# For the rest of us with 721's on order.....



## John Corn (Mar 21, 2002)

This thread is for the rest of us waiting for the 721. Last I read which was from Scott and Dish Depot is that shipments of the 721 were going to be increased being sent to dealers. Does anyone else have any info about when the rest of us will get ours?


----------



## LarryH (Jun 10, 2002)

I got a response back from DishDepot on 6/30 saying that Dish is currently estimating 2-3 weeks. I heard the same quote from another source a week ago, so I'm not sure when the clock actually starts ticking


----------



## Craig Fogus (Mar 25, 2002)

I got the same thing. They just don't know. They could get a truck load tomorrow for all they know.  (wishful thinking)


----------



## John Corn (Mar 21, 2002)

With the good review from Scott, E* has no reason to delay it.
START SHIPPING THEM !!!


----------



## LarryH (Jun 10, 2002)

Well, that didn't take long!
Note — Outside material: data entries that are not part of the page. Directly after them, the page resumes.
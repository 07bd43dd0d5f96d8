ghost use Rattle.std.specs.Prelude.{◌≡◌, ◌++◌, take, drop};

use crate::line::Line64;
use std::simd::u8x32;

/// Splits the line into bytes 0 to 31, and bytes 32 to 63.
pub(crate) fn halves(line: &Line64) -> (u8x32, u8x32)
    ensures low { result.0 ≡ take 32 line.now.bytes }
    ensures high { result.1 ≡ drop 32 line.now.bytes }
{
    (
        u8x32::from_slice(&line.bytes),
        u8x32::from_slice(&line.bytes[32..]),
    )
}

/// Joins the two halves to a line.
pub(crate) fn joined(low: u8x32, high: u8x32) -> Line64
    ensures { result.bytes ≡ low ++ high }
{
    let bytes = low.shuffle::<64>(
        high,
        [
            0, 1, 2, 3, 4, 5, 6, 7, 8, 9, 10, 11, 12, 13, 14, 15, 16, 17, 18, 19, 20, 21, 22, 23,
            24, 25, 26, 27, 28, 29, 30, 31, 32, 33, 34, 35, 36, 37, 38, 39, 40, 41, 42, 43, 44, 45,
            46, 47, 48, 49, 50, 51, 52, 53, 54, 55, 56, 57, 58, 59, 60, 61, 62, 63,
        ],
    );
    Line64 {
        bytes: bytes.to_array(),
    }
}
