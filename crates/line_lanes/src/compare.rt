ghost use Rattle.std.specs.Prelude.{◌≡◌, ℕ, ◌<◌, ◌^◌, ◌↔◌, ◌==◌, not, slice_index, IsTrue};
ghost use Rattle.line_lanes.specs.Mask.{is_masked, changed_mask};
ghost use Rattle.line_lanes.specs.Line.{AgreeUnder};

use crate::half::halves;
use crate::line::{Line64, Mask};
use std::simd::u8x32;

/// Returns the mask of the places at which two lines differ.
#[inline]
pub fn changed(a: &Line64, b: &Line64) -> Mask
    ensures { result.0 ≡ changed_mask a.now.bytes b.now.bytes }
{
    let (a_low, a_high) = halves(a);
    let (b_low, b_high) = halves(b);
    Mask(differing(a_low, b_low) | (differing(a_high, b_high) << 32))
}

/// Returns `true` if two lines are equal at each place of the mask.
#[inline]
pub fn agrees(a: &Line64, b: &Line64, mask: Mask) -> bool
    ensures { IsTrue result ↔ AgreeUnder mask.0 a.now.bytes b.now.bytes }
{
    changed(a, b).0 & mask.0 == 0
}

/// Returns the places at which two halves differ, as the low 32 bits.
fn differing(a: u8x32, b: u8x32) -> u64
    ensures bits { (k : ℕ) → k < 32 → is_masked result k
        ≡ not (slice_index a k == slice_index b k) }
    ensures bound { result < 2 ^ 32 }
{
    a.simd_ne(b).to_bitmask()
}
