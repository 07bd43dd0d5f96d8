ghost use Rattle.std.specs.Prelude.{◌≡◌, ℕ, ◌+◌, ◌*◌, ◌/◌, ◌%◌, ◌^◌, ◌<◌, ◌≤◌, ◌↔◌, ◌++◌, length, slice_index, take, drop, if◌then◌else◌, IsNone, IfSome};
ghost use Rattle.line_lanes.specs.Mask.{is_masked, placed_mask};
ghost use Rattle.line_lanes.specs.Line.{merged, placed_line};

use crate::half::{halves, joined};
use crate::line::{Line64, Mask};
use std::simd::{u8x16, u8x32, u64x1};

/// The bit, in the mask's byte, of each byte of a half.
const BITS: [u8; 32] = [
    1, 2, 4, 8, 16, 32, 64, 128, 1, 2, 4, 8, 16, 32, 64, 128, 1, 2, 4, 8, 16, 32, 64, 128, 1, 2, 4,
    8, 16, 32, 64, 128,
];

/// Writes `new` over `old` under the mask: byte k comes from `new` if bit k of the mask is set, and otherwise from
/// `old`.
#[inline]
pub fn merge(old: &Line64, new: &Line64, mask: Mask) -> Line64
    ensures { result.bytes ≡ merged old.now.bytes new.now.bytes mask.0 }
{
    let (old_low, old_high) = halves(old);
    let (new_low, new_high) = halves(new);
    joined(
        merge_half(old_low, new_low, mask.0),
        merge_half(old_high, new_high, mask.0 >> 32),
    )
}

/// Places `bytes` from place `off` on. Returns their mask, and a line with zeros elsewhere.
///
/// Returns `None` exactly if the bytes exceed the line.
#[inline]
pub fn placed(off: usize, bytes: &[u8]) -> Option<(Mask, Line64)>
    ensures none { IsNone result ↔ (64 < off + length bytes.now) }
    ensures mask { IfSome result (λ p. p.0.0 ≡ placed_mask off (length bytes.now)) }
    ensures line { IfSome result (λ p. p.1.bytes ≡ placed_line off bytes.now) }
{
    if off > 64 || bytes.len() > 64 - off {
        return None;
    }
    // A slice of unknown length gets into a vector only by a copy, because `std::simd` has no partial load. The bytes
    // are therefore copied to their place.
    let mut line = [0; 64];
    write_at(&mut line, off, bytes);
    Some((Mask(run_of_bits(off, bytes.len())), Line64 { bytes: line }))
}

/// Writes half a line under the low 32 bits of the mask.
fn merge_half(old: u8x32, new: u8x32, mask: u64) -> u8x32
    ensures len { length result ≡ 32 }
    ensures bytes { (k : ℕ) → k < 32 → slice_index result k
        ≡ (if is_masked mask k then slice_index new k else slice_index old k) }
{
    blend(old, new, mask_bytes(mask))
}

/// Returns, at each byte of a half, the byte of the mask that has its bit.
fn mask_bytes(mask: u64) -> u8x32
    ensures { (k : ℕ) → k < 32 → slice_index result k ≡ mask / 2 ^ (8 * (k / 8)) % 256 }
{
    // A byte shuffle for each 16 bytes takes fewer instructions than one shuffle for all 32.
    two_bytes(mask).shuffle::<32>(
        two_bytes(mask >> 16),
        [
            0, 1, 2, 3, 4, 5, 6, 7, 8, 9, 10, 11, 12, 13, 14, 15, 16, 17, 18, 19, 20, 21, 22, 23,
            24, 25, 26, 27, 28, 29, 30, 31,
        ],
    )
}

/// Returns the lowest byte of the mask eight times, and then the next eight times.
fn two_bytes(mask: u64) -> u8x16
    ensures len { length result ≡ 16 }
    ensures bytes { (k : ℕ) → k < 16 → slice_index result k ≡ mask / 2 ^ (8 * (k / 8)) % 256 }
{
    u64x1::splat(mask)
        .to_le_bytes()
        .swizzle([0, 0, 0, 0, 0, 0, 0, 0, 1, 1, 1, 1, 1, 1, 1, 1])
}

/// Takes the new byte if the mask's byte there has the bit of that place, and otherwise the old byte.
fn blend(old: u8x32, new: u8x32, mask: u8x32) -> u8x32
    ensures { (k : ℕ) → k < 32 → slice_index result k
        ≡ (if is_masked (slice_index mask k) (k % 8) then slice_index new k
        else slice_index old k) }
{
    let bits = u8x32::from_array(BITS);
    (mask & bits).simd_eq(bits).select(new, old)
}

/// Writes the bytes over the line's from place `off` on.
pub(crate) fn write_at(line: &mut [u8], off: usize, bytes: &[u8])
    requires { off + length bytes.now ≤ length line.old }
    ensures { line.new ≡ take off line.old ++
        (bytes.now ++ drop (off + length bytes.now) line.old) }
{
    let end = off + bytes.len();
    line[off..end].copy_from_slice(bytes);
}

/// Returns the mask of `len` places from `off` on.
pub(crate) fn run_of_bits(off: usize, len: usize) -> u64
    requires { off + len ≤ 64 }
    ensures { result ≡ placed_mask off len }
{
    if len == 0 {
        return 0;
    }
    (u64::MAX >> (64 - len)) << off
}
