//! Defines lines of 64 bytes, masks (sets of a line's bytes), and functions on lines and masks. The functions process a
//! line as two vectors of 32 bytes.
#![tactic(auto)]

mod compare;
mod half;
mod lanes;
mod line;
mod write;

pub use compare::{agrees, changed};
pub use lanes::{add_lanes, lane, lane_sum, set_lane, with_lane};
pub use line::{Line64, Mask};
pub use write::{merge, placed};
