ghost use Rattle.std.specs.Prelude.{◌≡◌, ℕ};
ghost use Rattle.line_lanes.specs.Line.{zeros};

/// A line: 64 bytes, which are the unit that nodes share.
///
/// The field is public, so that each caller proves the length without an annotation.
#[derive(Clone, Copy, Debug, PartialEq, Eq)]
pub struct Line64 {
    pub bytes: [u8; 64],
}

/// A set of places of a line: bit k is set if byte k is in the set.
#[derive(Clone, Copy, Debug, PartialEq, Eq)]
pub struct Mask(pub u64);

impl Line64 {
    /// Returns the line of zeros.
    pub fn zero() -> Line64
        ensures { result.bytes ≡ zeros }
    {
        Line64 { bytes: [0; 64] }
    }

    /// Returns the line of these bytes.
    pub fn from_bytes(bytes: [u8; 64]) -> Line64
        ensures { result.bytes ≡ bytes }
    {
        Line64 { bytes }
    }

    /// Returns the bytes of the line.
    pub fn to_bytes(&self) -> [u8; 64]
        ensures { result ≡ self.now.bytes }
    {
        self.bytes
    }
}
A 721 is already posted on ebay:

http://cgi.ebay.com/ws/eBayISAPI.dll?ViewItem&item=1363862329

I hope this isn't a sign of things to come! This looks like a dealer selling this unit (not an end user). I'd hate to think that the dealers are delaying some of their 721 shipments so that they can sell some of the early units to the highest bidders!


----------